§ Problem details: One part of the entries below is wanted: the lines from the one containing "the exercise tells." through the one containing "text.extend_from_slice(word)?;". Write those out exactly and nothing else.
*** The data Section Begins ***
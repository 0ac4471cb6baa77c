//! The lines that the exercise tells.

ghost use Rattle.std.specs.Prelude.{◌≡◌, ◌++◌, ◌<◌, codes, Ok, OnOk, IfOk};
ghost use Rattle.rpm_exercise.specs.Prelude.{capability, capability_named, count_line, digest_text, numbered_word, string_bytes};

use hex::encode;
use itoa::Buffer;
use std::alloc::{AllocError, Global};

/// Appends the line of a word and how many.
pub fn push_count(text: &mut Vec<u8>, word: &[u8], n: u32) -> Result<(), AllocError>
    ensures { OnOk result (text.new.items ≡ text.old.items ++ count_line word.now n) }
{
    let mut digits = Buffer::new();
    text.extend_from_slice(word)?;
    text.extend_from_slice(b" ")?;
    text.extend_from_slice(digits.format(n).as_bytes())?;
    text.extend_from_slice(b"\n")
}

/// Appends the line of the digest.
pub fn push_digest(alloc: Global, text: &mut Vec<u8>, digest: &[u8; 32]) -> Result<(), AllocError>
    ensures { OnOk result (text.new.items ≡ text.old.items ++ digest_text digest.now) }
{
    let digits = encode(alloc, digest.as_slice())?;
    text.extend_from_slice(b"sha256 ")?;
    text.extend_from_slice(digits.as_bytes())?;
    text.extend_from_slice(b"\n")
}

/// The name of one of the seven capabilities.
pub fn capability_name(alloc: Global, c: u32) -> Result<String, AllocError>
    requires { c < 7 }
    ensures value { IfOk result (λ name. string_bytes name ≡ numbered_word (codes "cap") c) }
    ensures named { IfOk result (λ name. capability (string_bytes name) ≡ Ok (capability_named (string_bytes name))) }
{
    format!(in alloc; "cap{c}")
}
*** The data Section Ends ***
§ Answer for this exercise:
//! The lines that the exercise tells.

ghost use Rattle.std.specs.Prelude.{◌≡◌, ◌++◌, ◌<◌, codes, Ok, OnOk, IfOk};
ghost use Rattle.rpm_exercise.specs.Prelude.{capability, capability_named, count_line, digest_text, numbered_word, string_bytes};

use hex::encode;
use itoa::Buffer;
use std::alloc::{AllocError, Global};

/// Appends the line of a word and how many.
pub fn push_count(text: &mut Vec<u8>, word: &[u8], n: u32) -> Result<(), AllocError>
    ensures { OnOk result (text.new.items ≡ text.old.items ++ count_line word.now n) }
{
    let mut digits = Buffer::new();
    text.extend_from_slice(word)?;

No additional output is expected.